Exercise: If a line in the listing below contains "them", return that line.

Available data:
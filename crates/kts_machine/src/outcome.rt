use kts_code::TrapKind;

/// How a run ended, with the number of schedules that it printed: it halted, it printed the schedule
/// that was asked for, it had no steps left, a step trapped at a place of the code, or a write failed.
#[derive(Clone, Copy, Debug, PartialEq, Eq)]
pub enum Outcome {
    Ended(u64),
    Stopped(u64),
    Spent(u64),
    Trap(TrapKind, u32),
    WriteFault,
}
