ghost use Rattle.std.specs.Prelude.{◌≡◌, ◌<◌, length, map, slice_set};
ghost use Rattle.kts_abs.specs.Cells.{value_of};
ghost use Rattle.kts_abs.specs.Spaces.{split_cell as split_cell_lem, least_in};
ghost use Rattle.kts_machine.specs.CellParts.{IsPartAt};

use crate::cells::{is_wide, least};
use kts_abs::{Cell, Space};
use kts_rows::Row;

/// Raises a cell to a part of it.
pub fn raise<const W: usize>(row: &mut Row<Cell<W>>, k: usize, part: &Cell<W>)
    requires within { k < length row.old.cells }
    requires part { IsPartAt row.old.cells k part.now }
    ensures { row.new ≡ record row.old { cells = slice_set row.old.cells k part.now } }
{
    row.rise(k, part);
}

/// The first cell with two values or more.
pub fn split_cell<const W: usize>(row: &Row<Cell<W>>) -> Option<usize>
    ensures { result ≡ split_cell_lem (map value_of row.now.cells) }
{
    for k in 0..row.len() {
        if is_wide(&row.get(k)) {
            return Some(k);
        }
    }
    None
}

/// Makes the values the least ones of the cells.
pub fn copy_least<const W: usize>(values: &mut Vec<i64>, row: &Row<Cell<W>>)
    requires { length values.old.items ≡ length row.now.cells }
    ensures { values.new.items ≡ map least_in (map value_of row.now.cells) }
{
    for k in 0..row.len() {
        values[k] = least(&row.get(k));
    }
}

/// Makes the space that of the cells.
pub fn copy_cells<const W: usize>(space: &mut Space<W>, row: &Row<Cell<W>>)
    requires { length space.old.cells ≡ length row.now.cells }
    ensures { space.new.cells ≡ row.now.cells }
{
    for k in 0..row.len() {
        space.set(k, row.get(k));
    }
}
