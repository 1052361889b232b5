ghost use Rattle.std.specs.Prelude.{◌≡◌, ◌++◌, map, get_or, is_some, None, OnOk, IfOk};
ghost use Rattle.std.specs.List.{flat_map, enumerate_from};
ghost use Rattle.sy_domain.specs.Chains as chains;
ghost use Rattle.sy_domain.specs.Chains.{base_number, cyclic_types};
ghost use Rattle.sy_domain.specs.Machine.Marked.{marked_name};

use crate::failure::fail_unless;
use crate::{Failure, Meaning, Names, Sort};
use std::alloc::Global;
use sy_base::{List, Memory};
use sy_chains::find_cycles;
use sy_lex::Written;
use sy_spec::{BaseTree, SpecTree, TypeTree};

/// The number of the type that a type is derived from.
fn base_of(names: &Names, tree: &TypeTree) -> Option<usize>
    ensures { result ≡ base_number names.now.table tree.now }
{
    match tree {
        TypeTree::Derived(_, BaseTree::Named(name), _) => match names.meaning(&name.text) {
            Some(Meaning::Type(Sort::Declared(number))) => Some(number),
            _ => None,
        },
        _ => None,
    }
}

/// The numbers of the types that types are derived from.
pub(crate) fn all_bases(
    alloc: Global,
    names: &Names,
    types: &[TypeTree],
) -> Result<List<Option<usize>>, Memory>
    ensures { IfOk result (λ bases. bases ≡ map (base_number names.now.table) types.now) }
{
    let mut bases = List::new(alloc);
    'tree: for tree in types {
        bases.push(base_of(names, tree))?;
    }
    Ok(bases)
}

fn type_name(tree: &TypeTree) -> &Written
    ensures { result.now ≡ chains.type_name tree.now }
{
    match tree {
        TypeTree::Enumeration(name, _) => name,
        TypeTree::Derived(name, _, _) => name,
    }
}

/// Whether a type has a mark.
fn has_mark(marks: &[Option<usize>], number: usize) -> bool
    ensures { result ≡ is_some (get_or marks.now number None) }
{
    matches!(marks.get(number), Some(Some(_)))
}

fn check_type(
    alloc: Global,
    cyclic: &[Option<usize>],
    number: usize,
    tree: &TypeTree,
    out: &mut List<Failure>,
) -> Result<(), Memory>
    ensures { OnOk result (out.new ≡ out.old ++ marked_name cyclic.now (number, tree.now)) }
{
    fail_unless(alloc, !has_mark(cyclic, number), type_name(tree), out)
}

fn check_all(
    alloc: Global,
    cyclic: &[Option<usize>],
    types: &[TypeTree],
    out: &mut List<Failure>,
) -> Result<(), Memory>
    ensures { OnOk result (out.new ≡ out.old ++ flat_map (marked_name cyclic.now) (enumerate_from 0 types.now)) }
{
    'tree: for (i, tree) in types.iter().enumerate() {
        check_type(alloc, cyclic, i, tree, out)?;
    }
    Ok(())
}

/// The types on a cycle of derivations.
pub(crate) fn find_cyclic(
    alloc: Global,
    names: &Names,
    tree: &SpecTree,
) -> Result<List<Failure>, Memory>
    ensures { IfOk result (λ found. found ≡ cyclic_types names.now.table tree.now.domain.types) }
{
    let types = tree.domain.types.items();
    let bases = all_bases(alloc, names, types)?;
    let cyclic = find_cycles(alloc, bases.items())?;
    let mut out = List::new(alloc);
    check_all(alloc, &cyclic, types, &mut out)?;
    Ok(out)
}
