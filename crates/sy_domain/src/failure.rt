ghost use Rattle.std.specs.Prelude.{◌≡◌, ◌++◌, IfOk, OnOk, option_copied};
ghost use Rattle.sy_domain.specs.Failures as fault;
ghost use Rattle.sy_domain.specs.Failures.{at, refusal_of, is_before, unless};

use std::alloc::Global;
use sy_base::{FaultName, FileKind, List, Memory, Place, Refusal, Text};
use sy_lex::Written;

/// Where a check of a text fails, and the words of its refusal.
#[derive(Debug, Drop)]
pub struct Failure {
    /// None where it stands at no place of the text.
    pub place: Option<Place>,
    pub words: Text,
}

impl Failure {
    /// The failure at a token.
    pub fn at(alloc: Global, token: &Written) -> Result<Failure, Memory>
        ensures { IfOk result (λ failure. failure ≡ at token.now) }
    {
        Ok(Failure {
            place: Some(token.place),
            words: token.text.copy(alloc)?,
        })
    }
}

/// Puts the failure at a token behind the others, unless all is well.
pub fn fail_unless(
    alloc: Global,
    well: bool,
    token: &Written,
    out: &mut List<Failure>,
) -> Result<(), Memory>
    ensures { OnOk result (out.new ≡ out.old ++ unless well token.now) }
{
    if !well {
        out.push(Failure::at(alloc, token)?)?;
    }
    Ok(())
}

/// Whether a place stands before another.
fn is_before(a: Place, b: Place) -> bool
    ensures { result ≡ is_before a b }
{
    a.line < b.line || a.line == b.line && a.column < b.column
}

/// Whether a failure stands before another one. None stands before one without a place.
fn stands_before(a: &Failure, b: &Failure) -> bool
    ensures { result ≡ fault.stands_before a.now.place b.now.place }
{
    match (a.place, b.place) {
        (Some(a), Some(b)) => is_before(a, b),
        _ => false,
    }
}

/// The failure that stands first in the source.
pub fn first(failures: &[Failure]) -> Option<&Failure>
    ensures { option_copied result ≡ fault.first failures.now }
{
    let mut found: Option<&Failure> = None;
    'failure: for failure in failures {
        found = match found {
            Some(other) if !stands_before(failure, other) => Some(other),
            _ => Some(failure),
        };
    }
    found
}

/// The refusal of a text for the first of the failures of a check, if there are any.
pub fn refusal(
    alloc: Global,
    file: FileKind,
    name: FaultName,
    failures: &[Failure],
) -> Result<Option<Refusal>, Memory>
    ensures { IfOk result (λ r. r ≡ refusal_of (record { file = file; name = name; failures = failures.now })) }
{
    match first(failures) {
        Some(failure) => Ok(Some(Refusal {
            file,
            place: failure.place,
            name,
            words: failure.words.copy(alloc)?,
        })),
        None => Ok(None),
    }
}
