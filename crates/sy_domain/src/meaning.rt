use sy_words::Form;

/// What the values of a parameter or of an attribute are, and what a declaration is.
#[derive(Clone, Copy, Debug, PartialEq, Eq)]
pub enum Sort {
    Number,
    Text,
    Boolean,
    Date,
    /// The type with this number among those of the domain part, counted from 0.
    Declared(usize),
}

/// What a name of the shared space stands for. Numbers count from 0, in the order of the text.
#[derive(Clone, Copy, Debug, PartialEq, Eq)]
pub enum Meaning {
    Type(Sort),
    /// A constant: the number of its enumeration among the types, and its own number there.
    Constant(usize, usize),
    Parameter(usize),
    Declaration(usize),
    /// A position: its form, and its number among those of its form.
    Position(Form, usize),
}
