//! The names and types of a specification, and the checks of its domain part.
#![tactic(auto)]

mod attributes;
mod chains;
mod checks;
mod failure;
mod meaning;
mod members;
mod names;
mod type_names;
mod types;

pub use checks::ontology;
pub use failure::{Failure, fail_unless, first, refusal};
pub use meaning::{Meaning, Sort};
pub use names::{HasName, Names, repeat_into};
pub use types::{Member, Ontology, TypeKind};
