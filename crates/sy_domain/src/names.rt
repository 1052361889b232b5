ghost use Rattle.std.specs.Prelude.{◌≡◌, ◌++◌, [], map, OnOk, IfOk};
ghost use Rattle.std.specs.List.{fold, flat_map, enumerate_from};
ghost use Rattle.sy_domain.specs.Names as names;
ghost use Rattle.sy_domain.specs.Names.{each_named, meaning_at, meaning_in, named, names_of_type, naming, no_names, repeats, repeated_attributes, all_names};

use crate::{Failure, Meaning, Sort};
use indexmap::{IndexMap, IndexSet};
use std::alloc::Global;
use std::marker::Model;
use sy_base::{List, Memory, Text};
use sy_lex::Written;
use sy_spec::{AttrTree, DeclTree, GiveTree, ObligTree, ParamTree, PowerTree, SpecTree, TypeTree};
use sy_words::Form;

/// What the names of the shared space stand for, and the names that were there already when they
/// were declared.
#[derive(Drop)]
pub struct Names {
    alloc: Global,
    table: IndexMap<Text, Meaning>,
    repeated: List<Failure>,
}

impl Model for Names {
    ghost use Rattle.sy_domain.specs.Names.{Naming};

    ghost Value = { Naming };

    ghost view = { λ n. record { table = n.table.entries; repeated = n.repeated } };
}

impl Names {
    /// What a name stands for.
    pub fn meaning(&self, name: &Text) -> Option<Meaning>
        ensures { result ≡ meaning_in self.now.table name.now }
    {
        self.table.get(name).copied()
    }

    /// Declares a name.
    fn declare(&mut self, name: &Written, meaning: Meaning) -> Result<(), Memory>
        ensures { OnOk result (self.new ≡ names.declare self.old (named name.now meaning)) }
    {
        if self.table.contains_key(&name.text) {
            self.repeated.push(Failure::at(self.alloc, name)?)?;
        } else {
            self.table.insert(name.text.copy(self.alloc)?, meaning)?;
        }
        Ok(())
    }

    /// Declares the names of some things of one kind.
    fn declare_each<T: HasName>(&mut self, slot: Slot, things: &[T]) -> Result<(), Memory>
        ensures { OnOk result (self.new ≡ fold names.declare self.old
            (each_named T.own_name (meaning_at slot) things.now)) }
    {
        'thing: for (i, thing) in things.iter().enumerate() {
            self.declare(thing.name(), slot.meaning(i))?;
        }
        Ok(())
    }

    /// Declares a type, and its constants.
    fn declare_type(&mut self, number: usize, tree: &TypeTree) -> Result<(), Memory>
        ensures { OnOk result (self.new ≡ fold names.declare self.old (names_of_type number tree.now)) }
    {
        let sort = Sort::Declared(number);
        match tree {
            TypeTree::Enumeration(name, listed) => {
                self.declare(name, Meaning::Type(sort))?;
                self.declare_each(Slot::Constant(number), listed.constants.items())
            }
            TypeTree::Derived(name, _, _) => self.declare(name, Meaning::Type(sort)),
        }
    }

    /// Declares the types, and their constants.
    fn declare_types(&mut self, types: &[TypeTree]) -> Result<(), Memory>
        ensures { OnOk result (self.new ≡ fold names.declare self.old
            (flat_map (λ p. names_of_type p.0 p.1) (enumerate_from 0 types.now))) }
    {
        'tree: for (i, tree) in types.iter().enumerate() {
            self.declare_type(i, tree)?;
        }
        Ok(())
    }

    /// No name but the basic types.
    fn new(alloc: Global) -> Result<Names, Memory>
        ensures { IfOk result (λ n. n ≡ no_names) }
    {
        let mut table = IndexMap::new(alloc);
        table.insert(Text::new(alloc, b"Number")?, Meaning::Type(Sort::Number))?;
        table.insert(Text::new(alloc, b"Text")?, Meaning::Type(Sort::Text))?;
        table.insert(Text::new(alloc, b"Boolean")?, Meaning::Type(Sort::Boolean))?;
        table.insert(Text::new(alloc, b"Date")?, Meaning::Type(Sort::Date))?;
        Ok(Names {
            alloc,
            table,
            repeated: List::new(alloc),
        })
    }

    /// Finds the names among some things that an earlier one of them has already.
    fn repeat<T: HasName>(&mut self, things: &[T]) -> Result<(), Memory>
        ensures table { self.new.table ≡ self.old.table }
        ensures repeated { OnOk result (self.new.repeated ≡
            self.old.repeated ++ repeats [] (map T.own_name things.now)) }
    {
        repeat_into(self.alloc, things, &mut self.repeated)
    }

    /// Finds the attributes of a type that repeat one.
    fn repeat_attributes(&mut self, tree: &TypeTree) -> Result<(), Memory>
        ensures table { self.new.table ≡ self.old.table }
        ensures repeated { OnOk result (self.new.repeated ≡
            self.old.repeated ++ repeated_attributes tree.now) }
    {
        match tree {
            TypeTree::Enumeration(_, _) => Ok(()),
            TypeTree::Derived(_, _, attributes) => self.repeat(attributes.items()),
        }
    }

    /// Finds the attributes of types that repeat one of their own type.
    fn repeat_all(&mut self, types: &[TypeTree]) -> Result<(), Memory>
        ensures table { self.new.table ≡ self.old.table }
        ensures repeated { OnOk result (self.new.repeated ≡
            self.old.repeated ++ flat_map repeated_attributes types.now) }
    {
        'tree: for tree in types {
            self.repeat_attributes(tree)?;
        }
        Ok(())
    }

    /// The names that were there already.
    pub fn repeated(&self) -> &[Failure]
        ensures { result.now ≡ self.now.repeated }
    {
        self.repeated.items()
    }

    /// The names of a specification, with each one that stands there twice.
    pub fn all(alloc: Global, tree: &SpecTree) -> Result<Names, Memory>
        ensures { IfOk result (λ n. n ≡ all_names tree.now) }
    {
        let mut names = Names::of(alloc, tree)?;
        names.repeat_all(tree.domain.types.items())?;
        Ok(names)
    }

    /// The names of a specification.
    pub fn of(alloc: Global, tree: &SpecTree) -> Result<Names, Memory>
        ensures { IfOk result (λ n. n ≡ naming tree.now) }
    {
        let mut names = Names::new(alloc)?;
        let contract = &tree.contract;
        names.declare_types(tree.domain.types.items())?;
        names.declare_each(Slot::Parameter, contract.parameters.items())?;
        names.declare_each(Slot::Declaration, contract.declarations.items())?;
        names.declare_each(
            Slot::Position(Form::Obligation),
            contract.obligations.items(),
        )?;
        names.declare_each(Slot::Position(Form::Surviving), contract.surviving.items())?;
        names.declare_each(Slot::Position(Form::Power), contract.powers.items())?;
        Ok(names)
    }
}

/// Finds the names among some things that an earlier one of them has already.
pub fn repeat_into<T: HasName>(
    alloc: Global,
    things: &[T],
    out: &mut List<Failure>,
) -> Result<(), Memory>
    ensures { OnOk result (out.new ≡ out.old ++ repeats [] (map T.own_name things.now)) }
{
    let mut seen: IndexSet<Text> = IndexSet::new(alloc);
    'thing: for thing in things {
        let name = thing.name();
        if !seen.insert(name.text.copy(alloc)?)? {
            out.push(Failure::at(alloc, name)?)?;
        }
    }
    Ok(())
}

/// Where names are declared.
#[derive(Clone, Copy, Debug)]
pub(crate) enum Slot {
    /// Within the enumeration with this number.
    Constant(usize),
    Parameter,
    Declaration,
    /// Among the positions of this form.
    Position(Form),
}

impl Slot {
    /// What the name with this number stands for.
    fn meaning(self, number: usize) -> Meaning
        ensures { result ≡ meaning_at self number }
    {
        match self {
            Slot::Constant(of) => Meaning::Constant(of, number),
            Slot::Parameter => Meaning::Parameter(number),
            Slot::Declaration => Meaning::Declaration(number),
            Slot::Position(form) => Meaning::Position(form, number),
        }
    }
}

/// What declares a name.
pub trait HasName {
    ghost use Rattle.sy_lex.specs.declared.written.Written.{Written as Token};

    /// The name.
    ghost own_name: { Self → Token };

    fn name(&self) -> &Written
        ensures { result.now ≡ own_name self.now };
}

impl HasName for Written {
    ghost own_name = { λ t. t };

    fn name(&self) -> &Written {
        self
    }
}

impl HasName for AttrTree {
    ghost own_name = { λ t. t.name };

    fn name(&self) -> &Written {
        &self.name
    }
}

impl HasName for ParamTree {
    ghost own_name = { λ t. t.name };

    fn name(&self) -> &Written {
        &self.name
    }
}

impl HasName for DeclTree {
    ghost own_name = { λ t. t.name };

    fn name(&self) -> &Written {
        &self.name
    }
}

impl HasName for ObligTree {
    ghost own_name = { λ t. t.name };

    fn name(&self) -> &Written {
        &self.name
    }
}

impl HasName for GiveTree {
    ghost own_name = { λ t. t.name };

    fn name(&self) -> &Written {
        &self.name
    }
}

impl HasName for PowerTree {
    ghost own_name = { λ t. t.name };

    fn name(&self) -> &Written {
        &self.name
    }
}
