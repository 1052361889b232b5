ghost use Rattle.std.specs.Prelude.{◌≡◌, ◌++◌, OnOk, IfOk};
ghost use Rattle.std.specs.List.{flat_map};
ghost use Rattle.sy_domain.specs.TypeNames as types;
ghost use Rattle.sy_domain.specs.TypeNames.{no_type, no_type_of, no_types, unknown_types};
ghost use Rattle.sy_domain.specs.Names.{meaning_in};

use crate::failure::fail_unless;
use crate::{Failure, Meaning, Names};
use std::alloc::Global;
use sy_base::{List, Memory, Text};
use sy_lex::Written;
use sy_spec::{AttrTree, BaseTree, DeclTree, ParamTree, SpecTree, TypeTree};

/// What has a type.
pub(crate) trait HasType {
    ghost use Rattle.sy_lex.specs.declared.written.Written.{Written as Token};

    /// The name of the type.
    ghost own_type: { Self → Token };

    fn type_name(&self) -> &Written
        ensures { result.now ≡ own_type self.now };
}

impl HasType for AttrTree {
    ghost own_type = { λ t. t.type_name };

    fn type_name(&self) -> &Written {
        &self.type_name
    }
}

impl HasType for ParamTree {
    ghost own_type = { λ t. t.type_name };

    fn type_name(&self) -> &Written {
        &self.type_name
    }
}

impl HasType for DeclTree {
    ghost own_type = { λ t. t.type_name };

    fn type_name(&self) -> &Written {
        &self.type_name
    }
}

fn is_type(names: &Names, name: &Text) -> bool
    ensures { result ≡ types.is_type (meaning_in names.now.table name.now) }
{
    matches!(names.meaning(name), Some(Meaning::Type(_)))
}

fn check_name(
    alloc: Global,
    names: &Names,
    name: &Written,
    out: &mut List<Failure>,
) -> Result<(), Memory>
    ensures { OnOk result (out.new ≡ out.old ++ no_type names.now.table name.now) }
{
    fail_unless(alloc, is_type(names, &name.text), name, out)
}

fn check_each<T: HasType>(
    alloc: Global,
    names: &Names,
    things: &[T],
    out: &mut List<Failure>,
) -> Result<(), Memory>
    ensures { OnOk result (out.new ≡ out.old
        ++ flat_map (no_type_of names.now.table T.own_type) things.now) }
{
    'thing: for thing in things {
        check_name(alloc, names, thing.type_name(), out)?;
    }
    Ok(())
}

fn check_type(
    alloc: Global,
    names: &Names,
    tree: &TypeTree,
    out: &mut List<Failure>,
) -> Result<(), Memory>
    ensures { OnOk result (out.new ≡ out.old ++ no_types names.now.table tree.now) }
{
    match tree {
        TypeTree::Enumeration(_, _) => Ok(()),
        TypeTree::Derived(_, BaseTree::Named(base), attributes) => {
            check_name(alloc, names, base, out)?;
            check_each(alloc, names, attributes.items(), out)
        }
        TypeTree::Derived(_, _, attributes) => check_each(alloc, names, attributes.items(), out),
    }
}

fn check_types(
    alloc: Global,
    names: &Names,
    trees: &[TypeTree],
    out: &mut List<Failure>,
) -> Result<(), Memory>
    ensures { OnOk result (out.new ≡ out.old ++ flat_map (no_types names.now.table) trees.now) }
{
    'tree: for tree in trees {
        check_type(alloc, names, tree, out)?;
    }
    Ok(())
}

/// The bases, and the types of attributes, parameters and declarations, that are no types.
pub(crate) fn find_unknown(
    alloc: Global,
    names: &Names,
    tree: &SpecTree,
) -> Result<List<Failure>, Memory>
    ensures { IfOk result (λ found. found ≡ unknown_types names.now.table tree.now) }
{
    let mut out = List::new(alloc);
    check_types(alloc, names, tree.domain.types.items(), &mut out)?;
    check_each(alloc, names, tree.contract.parameters.items(), &mut out)?;
    check_each(alloc, names, tree.contract.declarations.items(), &mut out)?;
    Ok(out)
}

Worked solution:
    /// Finds the names among some things that an earlier one of them has already.
/// Finds the names among some things that an earlier one of them has already.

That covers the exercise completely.